Natomiast bardzo nie podoba mi się rozwiązanie, np. w Alhambrze, gdzie bez względu na sytuację dzieją się stałe rzeczy albo w grach gdzie gracze na zmianę wykonują ruch za wirtualnego przeciwnika. Jak dla mnie to zupełnie bez sensu, nie powinno się wówczas dawać opcji gry na mniejszą liczbę graczy.
Awatar użytkownika
tysma
Posty: 259
Rejestracja: 18 kwie 2010, 13:49

Re: Sztuczna inteligencja w grach planszowych

Post autor: tysma »

Ja mam tylko jedną grę z taką sztuczną "inteligencją" jest to gra familijna Jamaica:)
W wariancie na dwóch graczy, trzecim graczem jest Statek widmo, którym porusza się na końcu kolejki gracz który jest obecnie kapitanem.

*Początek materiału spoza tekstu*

ghost use Rattle.std.specs.Prelude.{◌≡◌, ◌≤◌, ◌+◌, ◌-◌, ◌++◌, ◌<◌, ◌^◌, Bool, true, false, List, [], IfOk, MatchOption, OnOk, map};
ghost use Rattle.fw_rule.specs.Walk.{InSettled, RuleOf, Within};
ghost use Rattle.closure.specs.Checked.{IsRankedWithPolicy};
ghost use Rattle.closure.specs.Rewriting.{Block, chain_tree, to_the_end};
ghost use Rattle.rewriting.specs.declared.rows.Mode.TheVariants.{Soft};
ghost use Rattle.closure.specs.inner.Items.{items_from, items_with};
ghost use Rattle.rewriting.specs.Table.{level};
ghost use Rattle.closure.specs.inner.Moves.{Fills, IsBlind, Passes, Steps, then_leave};
ghost use Rattle.closure.specs.inner.Skips.{AreSkips};
ghost use Rattle.closure.specs.inner.Ends.{AreEnds, IsSilent};
ghost use Rattle.closure.specs.Flat.{escapes, flat_list};
ghost use Rattle.closure.specs.Stream.{stream, cut_out, IsCutByParts, IsSettled};

use crate::cutting::{Needs, Passed, Sink, State};
use crate::ends::{Ends, all_ends, end_of};
use crate::modes::{Escape, RulesFrom};
use crate::ranks::rank_of;
use crate::skips::{Skips, first_item, skips_of};
use chain_graph::Ranked;
use fw_rule::{Dump, Rule, Side, doubtful, known};
use match_expr::{Expr, Items, Primitive};
use rewriting::{Mode, Row, kind_of, row_of};
use std::alloc::{AllocError, Global};

/// What is looked up of the chains: where their next rules stand that give an item, and their last ones of which a verdict is made.
#[derive(Debug, Drop)]
struct Tables {
    skips: Vec<Skips>,
    ends: Vec<Ends>,
}

/// How many of so many rules are gone through: all where their escapes are wanted, else those before the end.
fn stop_of(wanted: bool, count: usize, end: usize) -> usize
    ensures inside { result ≤ count }
    ensures all { wanted ≡ true → result ≡ count }
    ensures rest { result < count → end ≤ result }
{
    if wanted { count } else { end.min(count) }
}

/// What is needed behind an item, where the list's escapes are wanted or not: the escapes; what doesn't hold there, if an item follows; the state, if a verdict is made of a rule behind it.
fn needs_of(wanted: bool, next: usize, after: usize, count: usize, end: usize) -> Needs
    ensures escapes { result.escapes ≡ wanted }
    ensures past { result.past ≡ false → count ≤ after }
    ensures state { result.state ≡ false → end ≤ next + 1 }
{
    Needs {
        escapes: wanted,
        past: after < count,
        state: end.saturating_sub(next) > 1,
    }
}

/// The same rules in the softest mode.
pub(crate) fn softest(from: RulesFrom) -> RulesFrom
    ensures { result ≡ record { chain = from.chain; first = from.first; depth = from.depth; mode = Soft 0 } }
{
    RulesFrom {
        mode: Mode::Soft(0),
        ..from
    }
}

/// The rules of a chain to which one of these leads.
pub(crate) fn led_to(from: RulesFrom, chain: u32, mode: Mode) -> RulesFrom
    requires { 1 ≤ from.depth }
    ensures { result ≡ record { chain = chain; first = 0; depth = from.depth - 1; mode = mode } }
{
    RulesFrom {
        chain,
        first: 0,
        depth: from.depth - 1,
        mode,
    }
}

/// Passes a block of these rules under an expression: gives the states that are made of them. False where the sink is settled.
#[cycle(streaming)]
fn pass_block<P: Primitive, S: State<P>, K: Sink<P, S>>(
    alloc: Global,
    dump: &Dump<P>,
    side: Side,
    tables: &Tables,
    block: RulesFrom,
    e: &Expr<P>,
    needs: Needs,
    passed: &mut Passed<P, S>,
    out: &mut K,
) -> Result<bool, AllocError>
    requires settled { InSettled dump.now block.chain }
    requires within { Within dump.now block.depth block.chain }
    requires room { level block.mode + block.depth < 2 ^ 32 }
    requires skips { AreSkips side dump.now tables.now.skips.items }
    requires ends { AreEnds side dump.now tables.now.ends.items }
    ensures { IfOk result (λ on. Passes K.given S.left on needs (Block e.now (items_from side dump.now block)) out.old out.new passed.old passed.new) }
{
    let inside = passed.state.cut(alloc, e)?;
    match stream_from(alloc, dump, side, tables, block, needs.any(), inside, out)? {
        Some(escapes) => {
            passed.run(alloc, e, escapes, needs)?;
            Ok(true)
        }
        None => Ok(false),
    }
}

/// Passes such a block and a way out of the block around it. False where the sink is settled.
#[cycle(streaming)]
fn pass_and_leave<P: Primitive, S: State<P>, K: Sink<P, S>>(
    alloc: Global,
    dump: &Dump<P>,
    side: Side,
    tables: &Tables,
    block: RulesFrom,
    e: &Expr<P>,
    needs: Needs,
    passed: &mut Passed<P, S>,
    out: &mut K,
) -> Result<bool, AllocError>
    requires settled { InSettled dump.now block.chain }
    requires within { Within dump.now block.depth block.chain }
    requires room { level block.mode + block.depth < 2 ^ 32 }
    requires skips { AreSkips side dump.now tables.now.skips.items }
    requires ends { AreEnds side dump.now tables.now.ends.items }
    ensures { IfOk result (λ on. Passes K.given S.left on needs (then_leave e.now (items_from side dump.now block)) out.old out.new passed.old passed.new) }
{
    if !pass_block(alloc, dump, side, tables, block, e, needs, passed, out)? {
        return Ok(false);
    }
    passed.leave(alloc, e, 0, needs)?;
    Ok(true)
}

/// Gives the states of a chain to its end: of its rules as a block, behind which the block around it is left.
#[cycle(streaming)]
fn stream_to_the_end<P: Primitive, S: State<P>, K: Sink<P, S>>(
    alloc: Global,
    dump: &Dump<P>,
    side: Side,
    tables: &Tables,
    from: RulesFrom,
    wanted: bool,
    start: S,
    out: &mut K,
) -> Result<Option<Vec<Escape<P>>>, AllocError>
    requires settled { InSettled dump.now from.chain }
    requires within { Within dump.now from.depth from.chain }
    requires room { level from.mode + from.depth < 2 ^ 32 }
    requires skips { AreSkips side dump.now tables.now.skips.items }
    requires ends { AreEnds side dump.now tables.now.ends.items }
    ensures states { OnOk result (Fills K.given S.left (to_the_end (items_from side dump.now from)) out.old out.new start) }
    ensures escapes { IfOk result (λ left. MatchOption left (IsSettled K.given out.new) (λ found. wanted ≡ true → found.items ≡ escapes [] (to_the_end (items_from side dump.now from)))) }
{
    let always = Expr::All(Items::from_vec(Vec::new(alloc)));
    let needs = Needs {
        escapes: wanted,
        past: true,
        state: false,
    };
    let mut passed = Passed {
        state: start,
        past: Vec::new(alloc),
        found: Vec::new(alloc),
    };
    let block = &mut passed;
    if !pass_block(alloc, dump, side, tables, from, &always, needs, block, out)? {
        return Ok(None);
    }
    passed.leave(alloc, &always, 1, needs)?;
    Ok(Some(passed.found))
}

/// Passes a block under an expression in which a chain is gone through to its end. False where the sink is settled.
#[cycle(streaming)]
fn pass_to_the_end<P: Primitive, S: State<P>, K: Sink<P, S>>(
    alloc: Global,
    dump: &Dump<P>,
    side: Side,
    tables: &Tables,
    block: RulesFrom,
    e: &Expr<P>,
    needs: Needs,
    passed: &mut Passed<P, S>,
    out: &mut K,
) -> Result<bool, AllocError>
    requires settled { InSettled dump.now block.chain }
    requires within { Within dump.now block.depth block.chain }
    requires room { level block.mode + block.depth < 2 ^ 32 }
    requires skips { AreSkips side dump.now tables.now.skips.items }
    requires ends { AreEnds side dump.now tables.now.ends.items }
    ensures { IfOk result (λ on. Passes K.given S.left on needs (Block e.now (to_the_end (items_from side dump.now block))) out.old out.new passed.old passed.new) }
{
    let inside = passed.state.cut(alloc, e)?;
    match stream_to_the_end(alloc, dump, side, tables, block, needs.any(), inside, out)? {
        Some(escapes) => {
            passed.run(alloc, e, escapes, needs)?;
            Ok(true)
        }
        None => Ok(false),
    }
}

/// Passes a rule, which stands before the others: gives the states that are made of it. False where the sink is settled.
#[cycle(streaming)]
fn pass_rule<P: Primitive, S: State<P>, K: Sink<P, S>>(
    alloc: Global,
    dump: &Dump<P>,
    side: Side,
    tables: &Tables,
    behind: RulesFrom,
    rule: &Rule<P>,
    needs: Needs,
    passed: &mut Passed<P, S>,
    out: &mut K,
) -> Result<bool, AllocError>
    requires settled { InSettled dump.now behind.chain }
    requires within { Within dump.now behind.depth behind.chain }
    requires room { level behind.mode + behind.depth < 2 ^ 32 }
    requires skips { AreSkips side dump.now tables.now.skips.items }
    requires ends { AreEnds side dump.now tables.now.ends.items }
    requires rule { RuleOf dump.now behind.chain rule.now }
    requires silent { needs.state ≡ false → IsSilent (items_from side dump.now behind) }
    requires last { needs.past ≡ false → IsBlind (items_from side dump.now behind) }
    ensures { IfOk result (λ on. Steps K.given S.left on needs.escapes (items_with side dump.now rule.now behind) (items_from side dump.now behind) out.old out.new passed.old passed.new) }
{
    let e = &known(alloc, rule)?;
    let kind = kind_of(side, &rule.action);
    match row_of(side, kind, doubtful(rule), behind.mode) {
        Row::Skip => Ok(true),
        Row::Decide(accept) => {
            out.put_cut(alloc, &passed.state, e, accept)?;
            Ok(!out.is_settled())
        }
        Row::Leave(n) => {
            passed.leave(alloc, e, n, needs)?;
            Ok(true)
        }
        Row::LeaveLater => {
            let rest = softest(behind);
            pass_and_leave(alloc, dump, side, tables, rest, e, needs, passed, out)
        }
        Row::Run(callee, mode) => {
            let called = led_to(behind, callee, mode);
            pass_block(alloc, dump, side, tables, called, e, needs, passed, out)
        }
        Row::RunThenLeave(target, mode) => {
            let gone = led_to(behind, target, mode);
            pass_and_leave(alloc, dump, side, tables, gone, e, needs, passed, out)
        }
        Row::RunLater(target) => {
            let rest = softest(behind);
            let both = needs.before_more();
            if !pass_block(alloc, dump, side, tables, rest, e, both, passed, out)? {
                return Ok(false);
            }
            let gone = led_to(behind, target, Mode::Soft(1));
            pass_to_the_end(alloc, dump, side, tables, gone, e, needs, passed, out)
        }
    }
}

/// Gives the states of the flat rules that are made of these rules, with their verdicts; the escapes, if they are wanted. A rule that gives no item isn't looked at, nor where no escapes are
/// wanted one behind the last of which a verdict is made. None where the sink is settled: what would still come
/// is left out.
#[cycle(streaming)]
fn stream_from<P: Primitive, S: State<P>, K: Sink<P, S>>(
    alloc: Global,
    dump: &Dump<P>,
    side: Side,
    tables: &Tables,
    from: RulesFrom,
    wanted: bool,
    start: S,
    out: &mut K,
) -> Result<Option<Vec<Escape<P>>>, AllocError>
    requires settled { InSettled dump.now from.chain }
    requires within { Within dump.now from.depth from.chain }
    requires room { level from.mode + from.depth < 2 ^ 32 }
    requires skips { AreSkips side dump.now tables.now.skips.items }
    requires ends { AreEnds side dump.now tables.now.ends.items }
    ensures states { OnOk result (Fills K.given S.left (items_from side dump.now from) out.old out.new start) }
    ensures escapes { IfOk result (λ left. MatchOption left (IsSettled K.given out.new) (λ found. wanted ≡ true → found.items ≡ escapes [] (items_from side dump.now from))) }
{
    let rules = dump.chains.as_slice()[from.chain as usize].rules.as_slice();
    let end = end_of(dump, side, tables.ends.as_slice(), from.chain, from.mode);
    let stop = stop_of(wanted, rules.len(), end);
    let mut passed = Passed {
        state: start,
        past: Vec::new(alloc),
        found: Vec::new(alloc),
    };
    let skips = tables.skips.as_slice();
    let mut next = first_item(dump, side, skips, from.chain, from.first, from.mode);
    while next < stop {
        let rule = &rules[next];
        let behind = RulesFrom {
            first: next + 1,
            ..from
        };
        let after = first_item(dump, side, skips, from.chain, next + 1, from.mode);
        let needs = needs_of(wanted, next, after, rules.len(), end);
        let now = &mut passed;
        if !pass_rule(alloc, dump, side, tables, behind, rule, needs, now, out)? {
            return Ok(None);
        }
        next = after;
    }
    Ok(Some(passed.found))
}

/// Gives the states of a chain's flat rules to the sink, in order, with their verdicts. The rules aren't built.
///
/// Where an `All` cuts the first state as its parts do in turn, these are the states that the flat rules' expressions cut out of it. `ranked` is what a check of the chain answers, and the
/// chain has a policy. The one refusal is want of memory.
pub fn stream_to<P: Primitive, S: State<P>, K: Sink<P, S>>(
    alloc: Global,
    dump: &Dump<P>,
    ranked: &Ranked,
    chain: u32,
    side: Side,
    start: S,
    out: &mut K,
) -> Result<(), AllocError>
    requires { IsRankedWithPolicy dump.now chain ranked.now }
    ensures tree { OnOk result ((xs : List (S × Bool)) → K.given out.old xs → K.given out.new (xs ++ stream S.left start (chain_tree side dump.now chain))) }
    ensures list { OnOk result (IsCutByParts S.left start → (xs : List (S × Bool)) → K.given out.old xs → K.given out.new (xs ++ map (cut_out S.left start) (flat_list (chain_tree side dump.now chain)))) }
{
    let tables = Tables {
        skips: skips_of(alloc, dump, side)?,
        ends: all_ends(alloc, dump, ranked, chain, side)?,
    };
    let whole = RulesFrom {
        chain,
        first: 0,
        depth: rank_of(ranked, chain),
        mode: Mode::Hard,
    };
    let _escapes = stream_from(alloc, dump, side, &tables, whole, false, start, out)?;
    Ok(())
}

/// The states of a chain's flat rules, in order, with their verdicts. The rules aren't built.
///
/// Where an `All` cuts the first state as its parts do in turn, these are the states that the flat rules' expressions cut out of it.
pub fn states_of<P: Primitive, S: State<P>>(
    alloc: Global,
    dump: &Dump<P>,
    ranked: &Ranked,
    chain: u32,
    side: Side,
    start: S,
) -> Result<Vec<(S, bool)>, AllocError>
    requires { IsRankedWithPolicy dump.now chain ranked.now }
    ensures tree { IfOk result (λ states. states.items ≡ stream S.left start (chain_tree side dump.now chain)) }
    ensures list { IfOk result (λ states. IsCutByParts S.left start → states.items ≡ map (cut_out S.left start) (flat_list (chain_tree side dump.now chain))) }
{
    let mut states = Vec::new(alloc);
    stream_to(alloc, dump, ranked, chain, side, start, &mut states)?;
    Ok(states)
}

Statek widmo przesuwa się dwu krotnie, przesuwając statek o odpowiednią liczbę pół wyrzuconych na kostce odpowiadającej akcji dziennej i potem akcji wieczornej/nocnej. Rzut wykonuje na początku kolejki kapitan, potem gracze wykonują akcje i potem statek widmo. Nie trzeba dodatkowych rzutów wystarczy tylko przesunać pionka. Niestety rzuty w walce za statek widmo wykonuje już gracz.
Jeśli statek widmo jest za statkami graczy należy go przesunąć do przodu, jeśli przed do tyłu, a jeśli pomiędzy to kapitan-gracz decyduje w którą stronę.
To powoduje, że statek widmo wciąż krąży w okół graczy i jest duże prawdopodobieństwo, że wkroczy na pole któregoś gracza i w ten sposób dojdzie do walki, bądz w ruchu gracza gracz zaatakuje statek widmo.
Bardzo prosty mechanizm, ale skuteczny.
Awatar użytkownika
maciejo
Posty: 3356
Rejestracja: 01 lut 2009, 14:20
Lokalizacja: Gliwice-Bielefeld
Has thanked: 104 times
Been thanked: 129 times

Re: Sztuczna inteligencja w grach planszowych

Post autor: maciejo »

Osobiście bardzo lubię i często grywam w gry dla jednej osoby lub w gry koopercyjne (co właściwie znaczy to samo).
Dla mnie na pierwszym miejscu jest bezapelacyjnie Robot z RftG.Rozgrywki są zawsze bardzo emocjonujące i do końca nie wiadomo kto zwycięży.
Z bardzo mądrym i wymagającym przeciwnikiem przyjdzie nam również rywalizować w Ghost Stories,Pandemii czy SH Death Angel.
Ale zapewne znajdzie się jeszcze wiele,wiele innych dobrych gier :wink:
Planszówkowym skrytożercom mówię stanowcze NIE !!!
Awatar użytkownika
Jan Madejski
Posty: 736
Rejestracja: 15 wrz 2011, 13:08
Lokalizacja: Warszawa
Has thanked: 14 times
Been thanked: 61 times

Re: Sztuczna inteligencja w grach planszowych

Post autor: Jan Madejski »

maciejo pisze:Dla mnie na pierwszym miejscu jest bezapelacyjnie Robot z RftG.Rozgrywki są zawsze bardzo emocjonujące i do końca nie wiadomo kto zwycięży.
Co sprawia, że SI jest w tej grze taka ciekawa?
Bardzo fajny temat! Nie grałem w żadną współczesną grę dla 1 gracza (ani kooperacyjną przeciwko grze) i niestety nie wiem, jakie rozwiązania są praktykowane, a chętnie nadrobiłbym zaległości - zwłaszcza w przypadku gier przygodowych. Póki co boję się, że implementacja SI w grach "unplugged" sprowadza się wyłącznie do przewidywalnych algorytmów, które muszą być na tyle proste, że stają się tak naprawdę "bardziej skomplikowanym ruchem gracza" ("pójdę w lewo, więc po dodaniu 2 do 2 wychodzi na to, że przesunę w ten sposób smoka w prawo"), albo są losowe (a więc też trudno mówić o jakiejkolwiek "inteligencji"). Mam nadzieję, że się mylę ;)
Awatar użytkownika
Senaszel
Posty: 776
Rejestracja: 03 cze 2006, 21:54
Lokalizacja: Poznań

Re: Sztuczna inteligencja w grach planszowych

Post autor: Senaszel »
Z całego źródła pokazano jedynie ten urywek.